*** Begin section ***
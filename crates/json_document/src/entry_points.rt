//! Global variables, and entry points.

ghost use Rattle.json_document.specs.Document.EntryPoints.{constant_of, early_depth_test_of, entry_point_of, global_variable_of, mesh_output_topology_of, mesh_stage_info_of, override_of, resource_binding_of, shader_stage_of, special_types_of};

use crate::document::Documents;
use ir_leaves::ShaderStage;
use ir_module::{
    Constant, EarlyDepthTest, EntryPoint, GlobalVariable, MeshOutputTopology, MeshStageInfo,
    Override, ResourceBinding, SpecialTypes,
};
use json_values::{FromJson, Held, ReadError, read_name};

/// The stages.
const SHADER_STAGES: [(&str, ShaderStage); 9] = [
    ("Vertex", ShaderStage::Vertex),
    ("Fragment", ShaderStage::Fragment),
    ("Compute", ShaderStage::Compute),
    ("Mesh", ShaderStage::Mesh),
    ("Task", ShaderStage::Task),
    ("RayGeneration", ShaderStage::RayGeneration),
    ("AnyHit", ShaderStage::AnyHit),
    ("ClosestHit", ShaderStage::ClosestHit),
    ("Miss", ShaderStage::Miss),
];

impl FromJson<Documents> for ShaderStage {
    ghost stands_for = { shader_stage_of };

    fn from_json(_: Documents, held: Held) -> Result<Self, ReadError> {
        read_name(held.alloc, held.value, &SHADER_STAGES)
    }
}

/// What the primitives of a mesh are.
const MESH_OUTPUT_TOPOLOGIES: [(&str, MeshOutputTopology); 3] = [
    ("Points", MeshOutputTopology::Points),
    ("Lines", MeshOutputTopology::Lines),
    ("Triangles", MeshOutputTopology::Triangles),
];

impl FromJson<Documents> for MeshOutputTopology {
    ghost stands_for = { mesh_output_topology_of };

    fn from_json(_: Documents, held: Held) -> Result<Self, ReadError> {
        read_name(held.alloc, held.value, &MESH_OUTPUT_TOPOLOGIES)
    }
}

impl FromJson<Documents> for MeshStageInfo {
    ghost stands_for = { mesh_stage_info_of };

    fn from_json(_: Documents, held: Held) -> Result<Self, ReadError> {
        match held.eight(
            Documents,
            &(
                "topology",
                "max_vertices",
                "max_vertices_override",
                "max_primitives",
                "max_primitives_override",
                "vertex_output_type",
                "primitive_output_type",
                "output_variable",
            ),
        ) {
            Ok(
                (
                    topology,
                    max_vertices,
                    max_vertices_override,
                    max_primitives,
                    max_primitives_override,
                    vertex_output_type,
                    primitive_output_type,
                    output_variable,
                ),
            ) => Ok(MeshStageInfo {
                topology,
                max_vertices,
                max_vertices_override,
                max_primitives,
                max_primitives_override,
                vertex_output_type,
                primitive_output_type,
                output_variable,
            }),
            Err(error) => Err(error),
        }
    }
}

impl FromJson<Documents> for Constant {
    ghost stands_for = { constant_of };

    fn from_json(_: Documents, held: Held) -> Result<Self, ReadError> {
        match held.one(Documents, "ty") {
            Ok(ty) => Ok(Constant { ty }),
            Err(error) => Err(error),
        }
    }
}

impl FromJson<Documents> for Override {
    ghost stands_for = { override_of };

    fn from_json(_: Documents, held: Held) -> Result<Self, ReadError> {
        match held.one(Documents, "ty") {
            Ok(ty) => Ok(Override { ty }),
            Err(error) => Err(error),
        }
    }
}

impl FromJson<Documents> for SpecialTypes {
    ghost stands_for = { special_types_of };

    fn from_json(_: Documents, held: Held) -> Result<Self, ReadError> {
        match held.one(Documents, "ray_desc") {
            Ok(ray_desc) => Ok(SpecialTypes { ray_desc }),
            Err(error) => Err(error),
        }
    }
}

impl FromJson<Documents> for ResourceBinding {
    ghost stands_for = { resource_binding_of };

    fn from_json(_: Documents, held: Held) -> Result<Self, ReadError> {
        match held.two(Documents, &("group", "binding")) {
            Ok((group, binding)) => Ok(ResourceBinding { group, binding }),
            Err(error) => Err(error),
        }
    }
}

impl FromJson<Documents> for GlobalVariable {
    ghost stands_for = { global_variable_of };

    fn from_json(_: Documents, held: Held) -> Result<Self, ReadError> {
        match held.five(
            Documents,
            &("space", "binding", "ty", "init", "memory_decorations"),
        ) {
            Ok((space, binding, ty, init, memory_decorations)) => Ok(GlobalVariable {
                space,
                binding,
                ty,
                init,
                memory_decorations,
            }),
            Err(error) => Err(error),
        }
    }
}

impl FromJson<Documents> for EarlyDepthTest {
    ghost stands_for = { early_depth_test_of };

    fn from_json(_: Documents, held: Held) -> Result<Self, ReadError> {
        match u32::from_json(Documents, held) {
            Ok(test) => Ok(EarlyDepthTest(test)),
            Err(error) => Err(error),
        }
    }
}

impl FromJson<Documents> for EntryPoint {
    ghost stands_for = { entry_point_of };

    fn from_json(_: Documents, held: Held) -> Result<Self, ReadError> {
        match held.six(
            Documents,
            &(
                "stage",
                "early_depth_test",
                "workgroup_size",
                "function",
                "mesh_info",
                "task_payload",
            ),
        ) {
            Ok((stage, early_depth_test, size, function, mesh_info, task_payload)) => {
                let (x, y, z) = size;
                let workgroup_size = [x, y, z];
                Ok(EntryPoint {
                    stage,
                    early_depth_test,
                    workgroup_size,
                    function,
                    mesh_info,
                    task_payload,
                })
            }
            Err(error) => Err(error),
        }
    }
}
*** End section ***
Problem description: In the records above, find each line that mentions the word "ResourceBinding", and copy it.

Result for this exercise:
    Override, ResourceBinding, SpecialTypes,
impl FromJson<Documents> for ResourceBinding {
            Ok((group, binding)) => Ok(ResourceBinding { group, binding }),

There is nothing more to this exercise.